Most interestingly, the base-pairing in pseudoknots is strictly context-sensitive and base-pairs overlap with one another in sequence positions. This leads to the limits of algorithm-based prediction models such as dynamic programming or stochastic context-free grammars. This indicates the natural language nature of nucleic acid code3aw which represents the possibility of coherent de novo generation and context-dependent alterations for a diversity of different meanings (functions) for the same syntax structures.
How long will biology remain a subdiscipline of physics and chemistry? As I have tried to demonstrate, the investigation methods of natural languages/codes such as the genetic code (in terms of both its superficial syntax and the deep grammar hidden as a result of epigenetic imprintings) in the light of mathematical theories of language and its derivatives such as biolinguistics, bioinformatics, systems biology and synthetic biology can lead to quantifiable, i.e., statistical, results which can be compared, measured and computed. The question remains whether it is sensible, to measure, investigate and compare the wavelength and modulations of phonetic utterances of humans to extract a meaning? Can we extract semantics from investigations of certain features of syntax structure?

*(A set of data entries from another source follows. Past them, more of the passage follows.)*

// The words of a lent module: an entry point for any lists and any lent tray.
ghost use Rattle.std.specs.Prelude.{◌≡◌, length};
ghost use Rattle.rules.specs.Writing.{write_outcome, how_many, write_tray};
ghost use Rattle.words.specs.Refusals.{outcome_of};

use crate::lent::{LENT_CHUNK, Lent};
use crate::put::put_chunks;
use crate::size::module_size;
use words::fields;
use words::kinds::Kind;
use words::limits::CHUNKS;
use words::refusals::{Refusal, Refused};

// The words of the module that the lists hold, to the front of the tray; extras of 0 at a chunk's end are dropped. The answer is how many words they are, or refusal
// 14 or 13. One pass finds whether all fits and how many words there are, a second writes them. What lies beyond them is left, and a refusal writes nothing.
pub fn write_module(
    chunks: &[u32],
    constants: &[u32],
    ops: &[u32],
    extras: &[u32],
    tray: &mut [u32],
) -> Result<u32, Refused>
    ensures answer { outcome_of (λ n. n) result ≡ how_many (write_outcome chunks.now constants.now ops.now extras.now (length tray.old)) }
    ensures written { tray.new ≡ write_tray (write_outcome chunks.now constants.now ops.now extras.now (length tray.old)) tray.old }
{
    let n = chunks.len() / LENT_CHUNK;
    if n == 0 || CHUNKS < n {
        return Err(Refusal::UnfitPart.at(0).in_chunk(0));
    }
    let lent = Lent {
        constants,
        ops,
        extras,
    };
    let size = module_size(chunks, lent);
    let Some(count) = size else {
        return Err(Refusal::UnfitPart.at(0).in_chunk(0));
    };
    if tray.len() < count {
        return Err(Refusal::ShortTray.at(0).in_chunk(0));
    }
    tray[0] = Kind::Module as u32 * fields::KIND_UNIT + n as u32;
    put_chunks(chunks, lent, tray);
    Ok(count as u32)
}
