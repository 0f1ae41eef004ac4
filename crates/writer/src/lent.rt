// What an editor lends: the layout of the lists, and what a chunk takes of them.
ghost use Rattle.std.specs.Prelude.{◌≡◌, ◌↔◌, IsSome, IfSome};
ghost use Rattle.writer.specs.Lent.{Splits, HasOwn};

// The numbers of a chunk (locals, type, and how many constants, ops and extras are its own), of a constant and of an op. An extra is one number.
pub const LENT_CHUNK: usize = 5;

pub const LENT_CONSTANT: usize = 3;

pub const LENT_OP: usize = 3;

// The words of a constant and of an extra. A chunk's head and an op are one word.
pub const CONSTANT_WORDS: usize = 4;

pub const EXTRA_WORDS: usize = 2;

// The five numbers of a lent chunk, any numbers: locals, type (`mode`), and how many constants, ops and extras are its own.
#[derive(Clone, Copy, Debug, PartialEq, Eq)]
pub struct Head {
    pub locals: u32,
    pub mode: u32,
    pub constants: u32,
    pub ops: u32,
    pub extras: u32,
}

// The numbers of a chunk by their names, as they stand in the list.
impl From<[u32; LENT_CHUNK]> for Head {
    ghost use Rattle.writer.specs.Lent.{head_of};

    ghost from_gives = { λ five head. head ≡ head_of five };

    fn from(five: [u32; LENT_CHUNK]) -> Head {
        let [locals, mode, constants, ops, extras] = five;
        Head {
            locals,
            mode,
            constants,
            ops,
            extras,
        }
    }
}

// The lists behind the one of chunks: of a chunk's own, or from a chunk on.
#[derive(Clone, Copy)]
pub struct Lent<'a> {
    pub constants: &'a [u32],
    pub ops: &'a [u32],
    pub extras: &'a [u32],
}

// A chunk's own at the fronts of the lists and what stands behind them, if the lists have as many.
pub fn split<'a>(lent: Lent<'a>, h: Head) -> Option<(Lent<'a>, Lent<'a>)>
    ensures enough { IsSome result ↔ HasOwn h lent.entry.constants.now lent.entry.ops.now lent.entry.extras.now }
    ensures parts { IfSome result (λ parts. Splits h lent.entry parts.0 parts.1) }
{
    let (constants, more_constants) = lent
        .constants
        .split_at_checked(LENT_CONSTANT * h.constants as usize)?;
    let (ops, more_ops) = lent.ops.split_at_checked(LENT_OP * h.ops as usize)?;
    let (extras, more_extras) = lent.extras.split_at_checked(h.extras as usize)?;
    let own = Lent {
        constants,
        ops,
        extras,
    };
    let behind = Lent {
        constants: more_constants,
        ops: more_ops,
        extras: more_extras,
    };
    Some((own, behind))
}
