ghost use Rattle.std.specs.Prelude.{◌≡◌, ◌<◌, [], ◌∷◌, filter, option_to_list};
ghost use Rattle.mcs_system.specs.System.{note_part, delay_by_link};
ghost use Rattle.mcs_core.specs.Turn.{mail_to};
ghost use Rattle.mcs_ever_again.specs.UnderWay.{told_mails, can_arrive};

use mcs_mail::Mail;
use mcs_system::{Link, System};
use mcs_ticks::{CoreId, NoteId, Row, Tick, What};

/// The home core of a notification, always below 64.
pub(crate) fn home_of(system: &System, note: NoteId) -> CoreId
    ensures home { result ≡ (note_part system.now note).core }
    ensures few { result < 64 }
{
    // the system is well formed, so it has at most 64 cores
    let _parts = system.parts();
    system.home_of(note)
}

/// The signal that a row makes, if it is for another core and arrives at most at 2^42.
pub(crate) fn mail_of(system: &System, row: &Row) -> Option<Mail>
    ensures { option_to_list result ≡ filter can_arrive (told_mails system.now (row.now ∷ [])) }
{
    let What::Signal { note, badge, .. } = row.what else {
        return None;
    };
    if system.home_of(note) == row.core {
        return None;
    }
    mail_to(system, row.core, row.moment, note, badge)
}

/// The delay of the first link of these cores, or the common delay if no link is theirs.
fn delay_by_link(links: &[Link], maker: CoreId, home: CoreId, delay: u64) -> u64
    ensures { result ≡ delay_by_link links.now maker home delay }
{
    for link in links {
        if link.maker == maker && link.home == home {
            return link.delay;
        }
    }
    delay
}

/// The signal of a core at a moment, if it arrives at most at 2^42.
fn mail_to(system: &System, maker: CoreId, made: Tick, note: NoteId, badge: u32) -> Option<Mail>
    ensures { option_to_list result ≡ filter can_arrive (mail_to system.now maker made note badge ∷ []) }
{
    let home = home_of(system, note);
    let parts = system.parts();
    let delay = delay_by_link(parts.links.as_slice(), maker, home, parts.delay);
    let arrives = made.plus(delay)?;
    Some(Mail {
        arrives,
        made,
        maker,
        note,
        badge,
    })
}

In natural languages/codes it is not the structure of syntax that determines the meaning of sequences. In nearly all cases it is the hidden deep grammar which determines meaning for the recipient of the message. The deep grammar depends on how the superficial syntax is marked: in the genetic code by epigenetic imprintings or in sign sequences of utterances by gestures and emphasis. In all cases the hidden deep grammar decides whether a competent recipient can understand the intended meaning of the sender or not.
The real-life world in which natural sign users are included decides the meaning of a natural language or code, not the in vitro experimental set ups, the universal grammar or similar algorithm-based components. In contrast with previous approaches the real action between interactors determines what signs of communication and coordination are used to express what should be transported, what is intended, and what is focused. The real actions are the driving force of content and represent the context which determines the meaning of thoughts and interpretations. Therefore pragmatics is of essential relevance to identify the meaning of natural languages/codes, not syntax or semantics.

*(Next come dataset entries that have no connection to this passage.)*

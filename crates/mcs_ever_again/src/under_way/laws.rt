ghost use Rattle.mcs_system.specs.System.{System};
ghost use Rattle.mcs_system.specs.WellFormed.{IsWellFormed};
ghost use Rattle.mcs_ever_again.specs.laws.Told.{SignalsAreTold, UnderWayIsTold};

/// A law of the clock: the signals that a turn makes for other cores are those of its rows, in the
/// order of the rows. The row by which a thread leaves a server is a signal's row, too; a server is
/// at home on the core of each thread that calls it.
pub fn signals_are_told()
    ensures { (system : System) → IsWellFormed system → SignalsAreTold system }
{}

/// A law of the clock: the signals under way before a moment are those of the schedule's earlier
/// rows that arrive at that moment or later, in the order in which they were made.
pub fn under_way_is_told()
    ensures { (system : System) → IsWellFormed system → UnderWayIsTold system }
{}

This aspect is missing completely in Eigens concept of a sequence space in which each nucleotide sequence occupies a unique position that can be computed by digital units. Because each nucleotide sequence can have several meanings, depending on the contextual use, sequence space position can not explain the variety of its functions.

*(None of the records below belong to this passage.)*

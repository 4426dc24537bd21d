ghost use Rattle.std.specs.Prelude.{◌≡◌, ◌↔◌, ◌+◌, ◌≤◌, ◌<◌, [], ◌∷◌, length, slice_get, Some, IsTrue, IfSome, MatchOption};
ghost use Rattle.mcs_ever.specs.Later.{later_mail};
ghost use Rattle.mcs_ever_again.specs.Group.{is_for_group, for_group, AreLater};
ghost use Rattle.mcs_ever_again.specs.stored.Store.{left, left_from};

use crate::under_way::store::Store;
use crate::under_way::told::home_of;
use mcs_mail::Mail;
use mcs_system::System;
use mcs_ticks::{Limits, Tick};

/// Stored signals among which the first one for a group is looked for. They are few, since most
/// moments are compared.
const AHEAD: usize = 16;

/// Whether the signals for a group of cores that are left may be the same in both stores, `by`
/// ticks later in the second. If not, they are not. Compares the first ones alone.
pub(crate) fn may_be_later(
    system: &System,
    group: &[bool; Limits::CORES],
    by: u64,
    before: &Store,
    after: &Store,
) -> bool
    ensures { AreLater system.now group.now by (left before.now) (left after.now) → IsTrue result }
{
    match (
        first_for(system, group, before),
        first_for(system, group, after),
    ) {
        (Some(earlier), Some(mail)) => is_later(&earlier, by, &mail),
        _ => true,
    }
}

/// The first signal for the group that is left, if it is one of the first that are stored.
fn first_for(system: &System, group: &[bool; Limits::CORES], store: &Store) -> Option<Mail>
    ensures { IfSome result (λ mail. slice_get (for_group system.now group.now (left store.now)) 0 ≡ Some mail) }
{
    for i in 0..store.mails.len() {
        if i == AHEAD {
            return None;
        }
        let mail = store.mails[i];
        if is_for(system, group, &mail) && mail.arrives >= store.from {
            return Some(mail);
        }
    }
    None
}

/// Whether the signals for a group of cores that are left are the same in both stores, `by` ticks
/// later in the second. Ends at the first one that differs.
pub(crate) fn are_later(
    system: &System,
    group: &[bool; Limits::CORES],
    by: u64,
    before: &Store,
    after: &Store,
) -> bool
    ensures { IsTrue result ↔ AreLater system.now group.now by (left before.now) (left after.now) }
{
    let mut seen = 0;
    let mut compared = 0;
    while let Some((mail, next)) = next_for(system, group, after, seen) {
        match next_for(system, group, before, compared) {
            Some((earlier, behind)) if is_later(&earlier, by, &mail) => {
                seen = next;
                compared = behind;
            }
            _ => return false,
        }
    }
    next_for(system, group, before, compared).is_none()
}

/// The first signal for the group that is left from this place on, and the place after it.
fn next_for(
    system: &System,
    group: &[bool; Limits::CORES],
    store: &Store,
    place: usize,
) -> Option<(Mail, usize)>
    ensures found { MatchOption result
        (for_group system.now group.now (left_from store.now place) ≡ [])
        (λ found. for_group system.now group.now (left_from store.now place) ≡ found.0 ∷ for_group system.now group.now (left_from store.now found.1)) }
    ensures within { IfSome result (λ found. (place < found.1) × (found.1 ≤ length store.now.mails.items)) }
{
    for i in place..store.mails.len() {
        let mail = store.mails[i];
        if mail.arrives >= store.from && is_for(system, group, &mail) {
            return Some((mail, i + 1));
        }
    }
    None
}

fn is_for(system: &System, group: &[bool; Limits::CORES], mail: &Mail) -> bool
    ensures { result ≡ is_for_group system.now group.now mail.now }
{
    group[home_of(system, mail.note).0]
}

/// Whether a signal is the earlier one, `by` ticks later.
fn is_later(before: &Mail, by: u64, after: &Mail) -> bool
    ensures { IsTrue result ↔ after.now ≡ later_mail by before.now }
{
    is_tick_later(before.arrives, by, after.arrives)
        && is_tick_later(before.made, by, after.made)
        && before.maker == after.maker
        && before.note == after.note
        && before.badge == after.badge
}

fn is_tick_later(before: Tick, by: u64, after: Tick) -> bool
    ensures { IsTrue result ↔ after ≡ before + by }
{
    by <= after.get() && after.get() - by == before.get()
}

This means the mathematical concept of language and its derivatives is based upon a fundamental error. Natural languages/codes are not the core objects of natural sciences because the latter”s tools for appropriate investigations are rather limited and cannot lead to a full explanation or understanding. As a consequence we need a pragmatic turn in biology to liberate this discipline from its role as a subdiscipline of physics and chemistry.